*Stored data*:
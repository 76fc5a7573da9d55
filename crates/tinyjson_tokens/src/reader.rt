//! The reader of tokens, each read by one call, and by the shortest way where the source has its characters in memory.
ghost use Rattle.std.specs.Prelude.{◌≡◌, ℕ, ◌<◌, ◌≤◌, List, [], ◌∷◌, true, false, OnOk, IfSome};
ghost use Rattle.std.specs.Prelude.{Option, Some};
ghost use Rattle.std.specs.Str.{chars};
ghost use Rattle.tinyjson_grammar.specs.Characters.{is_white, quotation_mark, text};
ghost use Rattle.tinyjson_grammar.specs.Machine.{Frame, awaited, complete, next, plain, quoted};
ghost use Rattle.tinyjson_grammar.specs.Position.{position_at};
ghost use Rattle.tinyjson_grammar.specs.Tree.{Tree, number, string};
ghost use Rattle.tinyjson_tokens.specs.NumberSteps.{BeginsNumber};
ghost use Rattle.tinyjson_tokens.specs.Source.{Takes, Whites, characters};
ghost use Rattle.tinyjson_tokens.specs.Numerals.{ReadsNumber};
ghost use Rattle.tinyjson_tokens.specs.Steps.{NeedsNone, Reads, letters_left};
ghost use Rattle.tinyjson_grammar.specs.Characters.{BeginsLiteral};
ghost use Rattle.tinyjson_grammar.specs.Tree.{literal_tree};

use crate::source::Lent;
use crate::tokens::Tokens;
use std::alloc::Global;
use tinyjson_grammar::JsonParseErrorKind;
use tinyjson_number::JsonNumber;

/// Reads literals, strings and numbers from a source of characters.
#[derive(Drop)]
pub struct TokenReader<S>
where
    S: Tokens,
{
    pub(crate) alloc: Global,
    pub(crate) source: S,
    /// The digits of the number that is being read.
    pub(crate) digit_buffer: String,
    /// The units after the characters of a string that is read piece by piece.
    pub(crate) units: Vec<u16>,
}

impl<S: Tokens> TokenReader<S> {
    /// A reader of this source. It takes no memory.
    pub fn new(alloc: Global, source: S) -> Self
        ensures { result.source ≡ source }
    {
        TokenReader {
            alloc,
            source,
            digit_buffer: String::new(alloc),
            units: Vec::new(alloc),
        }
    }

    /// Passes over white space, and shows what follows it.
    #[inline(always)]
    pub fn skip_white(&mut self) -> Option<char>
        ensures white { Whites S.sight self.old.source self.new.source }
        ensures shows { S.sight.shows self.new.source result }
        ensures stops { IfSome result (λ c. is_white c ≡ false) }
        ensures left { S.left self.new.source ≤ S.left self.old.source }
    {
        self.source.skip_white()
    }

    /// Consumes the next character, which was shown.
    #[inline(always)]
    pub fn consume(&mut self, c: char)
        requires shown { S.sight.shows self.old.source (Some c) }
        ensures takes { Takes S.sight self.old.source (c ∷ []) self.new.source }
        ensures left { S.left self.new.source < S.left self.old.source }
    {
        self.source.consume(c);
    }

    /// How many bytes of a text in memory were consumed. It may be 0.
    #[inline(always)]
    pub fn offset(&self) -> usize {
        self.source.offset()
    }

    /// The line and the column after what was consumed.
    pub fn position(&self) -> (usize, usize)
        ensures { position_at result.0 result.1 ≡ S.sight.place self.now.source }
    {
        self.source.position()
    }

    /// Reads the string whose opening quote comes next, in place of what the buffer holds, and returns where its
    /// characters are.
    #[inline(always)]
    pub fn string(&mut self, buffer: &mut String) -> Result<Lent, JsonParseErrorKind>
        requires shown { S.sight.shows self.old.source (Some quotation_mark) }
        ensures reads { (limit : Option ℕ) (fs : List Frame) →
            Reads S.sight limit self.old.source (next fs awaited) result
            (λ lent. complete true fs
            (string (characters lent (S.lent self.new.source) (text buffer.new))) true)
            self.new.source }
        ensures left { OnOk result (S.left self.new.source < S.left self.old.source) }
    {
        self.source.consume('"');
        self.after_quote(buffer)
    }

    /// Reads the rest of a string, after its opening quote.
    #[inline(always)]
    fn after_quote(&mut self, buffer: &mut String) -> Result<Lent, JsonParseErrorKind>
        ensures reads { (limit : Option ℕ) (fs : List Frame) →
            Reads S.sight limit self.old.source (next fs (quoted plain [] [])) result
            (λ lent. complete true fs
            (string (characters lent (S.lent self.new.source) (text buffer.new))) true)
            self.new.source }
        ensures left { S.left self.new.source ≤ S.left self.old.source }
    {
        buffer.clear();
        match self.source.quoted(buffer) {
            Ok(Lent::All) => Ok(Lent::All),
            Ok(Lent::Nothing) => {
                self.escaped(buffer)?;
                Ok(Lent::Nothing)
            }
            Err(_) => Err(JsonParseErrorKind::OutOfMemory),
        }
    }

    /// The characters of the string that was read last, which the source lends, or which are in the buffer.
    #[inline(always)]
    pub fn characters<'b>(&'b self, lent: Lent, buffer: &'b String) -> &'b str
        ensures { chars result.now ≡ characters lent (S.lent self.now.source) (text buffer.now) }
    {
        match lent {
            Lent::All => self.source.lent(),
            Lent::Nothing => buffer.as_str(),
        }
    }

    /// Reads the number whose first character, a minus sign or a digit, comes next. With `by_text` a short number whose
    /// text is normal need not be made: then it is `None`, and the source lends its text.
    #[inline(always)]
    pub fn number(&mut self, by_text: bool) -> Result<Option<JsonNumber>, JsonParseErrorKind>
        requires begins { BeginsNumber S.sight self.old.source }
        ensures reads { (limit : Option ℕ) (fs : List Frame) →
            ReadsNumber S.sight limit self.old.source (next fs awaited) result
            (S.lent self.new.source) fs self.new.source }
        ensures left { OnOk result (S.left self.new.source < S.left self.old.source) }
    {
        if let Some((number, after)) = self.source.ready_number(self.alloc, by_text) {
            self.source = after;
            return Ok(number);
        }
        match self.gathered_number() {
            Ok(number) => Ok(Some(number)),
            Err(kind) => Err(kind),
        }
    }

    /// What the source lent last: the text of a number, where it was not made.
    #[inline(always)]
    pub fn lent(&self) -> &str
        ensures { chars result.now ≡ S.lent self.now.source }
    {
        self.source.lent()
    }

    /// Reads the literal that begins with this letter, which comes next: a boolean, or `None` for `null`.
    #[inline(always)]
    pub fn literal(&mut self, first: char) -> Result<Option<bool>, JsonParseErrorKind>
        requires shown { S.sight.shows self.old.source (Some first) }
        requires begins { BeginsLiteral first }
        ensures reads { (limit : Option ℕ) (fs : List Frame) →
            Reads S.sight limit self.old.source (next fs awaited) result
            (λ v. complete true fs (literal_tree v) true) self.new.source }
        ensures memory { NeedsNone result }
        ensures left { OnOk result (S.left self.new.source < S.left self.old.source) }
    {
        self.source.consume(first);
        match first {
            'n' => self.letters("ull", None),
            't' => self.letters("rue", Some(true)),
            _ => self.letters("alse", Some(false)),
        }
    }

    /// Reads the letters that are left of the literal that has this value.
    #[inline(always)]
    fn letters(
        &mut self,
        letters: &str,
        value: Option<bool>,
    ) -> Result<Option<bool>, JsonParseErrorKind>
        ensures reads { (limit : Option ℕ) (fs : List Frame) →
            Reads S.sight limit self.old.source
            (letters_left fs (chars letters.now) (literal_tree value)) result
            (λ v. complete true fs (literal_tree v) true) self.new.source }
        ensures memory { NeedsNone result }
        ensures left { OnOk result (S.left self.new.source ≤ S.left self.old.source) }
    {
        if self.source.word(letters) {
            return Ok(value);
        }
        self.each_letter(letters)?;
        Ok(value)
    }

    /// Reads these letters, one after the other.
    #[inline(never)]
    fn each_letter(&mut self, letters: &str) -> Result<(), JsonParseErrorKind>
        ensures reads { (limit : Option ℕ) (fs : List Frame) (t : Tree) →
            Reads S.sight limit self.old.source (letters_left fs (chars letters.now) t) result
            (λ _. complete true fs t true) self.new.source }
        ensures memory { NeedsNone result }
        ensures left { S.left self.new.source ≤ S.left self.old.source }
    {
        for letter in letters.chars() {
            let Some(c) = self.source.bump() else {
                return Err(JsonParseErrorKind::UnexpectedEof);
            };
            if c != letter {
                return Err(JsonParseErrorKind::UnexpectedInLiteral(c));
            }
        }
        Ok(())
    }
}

*Aim of the task*:
Pull out each line of the entries that contains "last".

*Response*:
    /// The characters of the string that was read last, which the source lends, or which are in the buffer.
    /// What the source lent last: the text of a number, where it was not made.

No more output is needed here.